● TASK INSTRUCTIONS: Copy out the entries below in full and exactly.

== Segment start ==

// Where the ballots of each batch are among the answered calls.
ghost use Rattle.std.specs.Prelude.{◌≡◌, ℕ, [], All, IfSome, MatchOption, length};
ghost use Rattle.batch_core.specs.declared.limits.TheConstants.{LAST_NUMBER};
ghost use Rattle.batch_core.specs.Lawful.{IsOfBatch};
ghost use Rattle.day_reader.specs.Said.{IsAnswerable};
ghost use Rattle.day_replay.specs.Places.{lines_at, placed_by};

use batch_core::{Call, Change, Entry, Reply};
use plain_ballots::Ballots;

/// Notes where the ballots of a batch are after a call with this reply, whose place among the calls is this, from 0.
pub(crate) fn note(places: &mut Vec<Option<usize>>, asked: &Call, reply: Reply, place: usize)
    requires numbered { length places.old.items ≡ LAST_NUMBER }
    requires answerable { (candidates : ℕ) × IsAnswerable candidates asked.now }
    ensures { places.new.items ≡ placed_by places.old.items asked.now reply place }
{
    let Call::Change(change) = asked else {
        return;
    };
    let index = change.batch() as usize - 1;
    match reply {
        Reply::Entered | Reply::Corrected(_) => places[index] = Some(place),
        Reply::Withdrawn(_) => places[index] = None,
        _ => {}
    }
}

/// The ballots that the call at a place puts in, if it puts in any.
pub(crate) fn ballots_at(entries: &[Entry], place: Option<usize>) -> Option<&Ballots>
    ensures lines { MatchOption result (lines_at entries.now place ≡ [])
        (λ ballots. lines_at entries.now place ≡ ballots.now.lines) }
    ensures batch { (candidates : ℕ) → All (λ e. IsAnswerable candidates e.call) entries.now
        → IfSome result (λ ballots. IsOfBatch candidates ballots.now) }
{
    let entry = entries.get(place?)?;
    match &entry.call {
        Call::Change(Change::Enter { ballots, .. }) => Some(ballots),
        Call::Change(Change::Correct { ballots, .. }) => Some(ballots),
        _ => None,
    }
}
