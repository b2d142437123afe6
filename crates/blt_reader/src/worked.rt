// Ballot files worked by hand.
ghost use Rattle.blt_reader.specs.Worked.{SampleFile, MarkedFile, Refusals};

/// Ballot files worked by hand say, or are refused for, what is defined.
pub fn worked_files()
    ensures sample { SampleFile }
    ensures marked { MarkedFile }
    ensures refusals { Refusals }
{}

== Segment end ==

● RESULT BELOW:
// Where the ballots of each batch are among the answered calls.
ghost use Rattle.std.specs.Prelude.{◌≡◌, ℕ, [], All, IfSome, MatchOption, length};
ghost use Rattle.batch_core.specs.declared.limits.TheConstants.{LAST_NUMBER};
ghost use Rattle.batch_core.specs.Lawful.{IsOfBatch};
ghost use Rattle.day_reader.specs.Said.{IsAnswerable};
ghost use Rattle.day_replay.specs.Places.{lines_at, placed_by};

use batch_core::{Call, Change, Entry, Reply};
use plain_ballots::Ballots;

/// Notes where the ballots of a batch are after a call with this reply, whose place among the calls is this, from 0.
pub(crate) fn note(places: &mut Vec<Option<usize>>, asked: &Call, reply: Reply, place: usize)
    requires numbered { length places.old.items ≡ LAST_NUMBER }
    requires answerable { (candidates : ℕ) × IsAnswerable candidates asked.now }
    ensures { places.new.items ≡ placed_by places.old.items asked.now reply place }
{
    let Call::Change(change) = asked else {
        return;
    };
    let index = change.batch() as usize - 1;
    match reply {
        Reply::Entered | Reply::Corrected(_) => places[index] = Some(place),
        Reply::Withdrawn(_) => places[index] = None,
        _ => {}
    }
}

/// The ballots that the call at a place puts in, if it puts in any.
pub(crate) fn ballots_at(entries: &[Entry], place: Option<usize>) -> Option<&Ballots>
    ensures lines { MatchOption result (lines_at entries.now place ≡ [])
        (λ ballots. lines_at entries.now place ≡ ballots.now.lines) }
    ensures batch { (candidates : ℕ) → All (λ e. IsAnswerable candidates e.call) entries.now
        → IfSome result (λ ballots. IsOfBatch candidates ballots.now) }
{
    let entry = entries.get(place?)?;
    match &entry.call {
        Call::Change(Change::Enter { ballots, .. }) => Some(ballots),
        Call::Change(Change::Correct { ballots, .. }) => Some(ballots),
        _ => None,
    }
}
repository b2d142437123afe6
filename crates/blt_reader/src/worked.rt
// Ballot files worked by hand.
ghost use Rattle.blt_reader.specs.Worked.{SampleFile, MarkedFile, Refusals};

/// Ballot files worked by hand say, or are refused for, what is defined.
pub fn worked_files()
    ensures sample { SampleFile }
    ensures marked { MarkedFile }
    ensures refusals { Refusals }
{}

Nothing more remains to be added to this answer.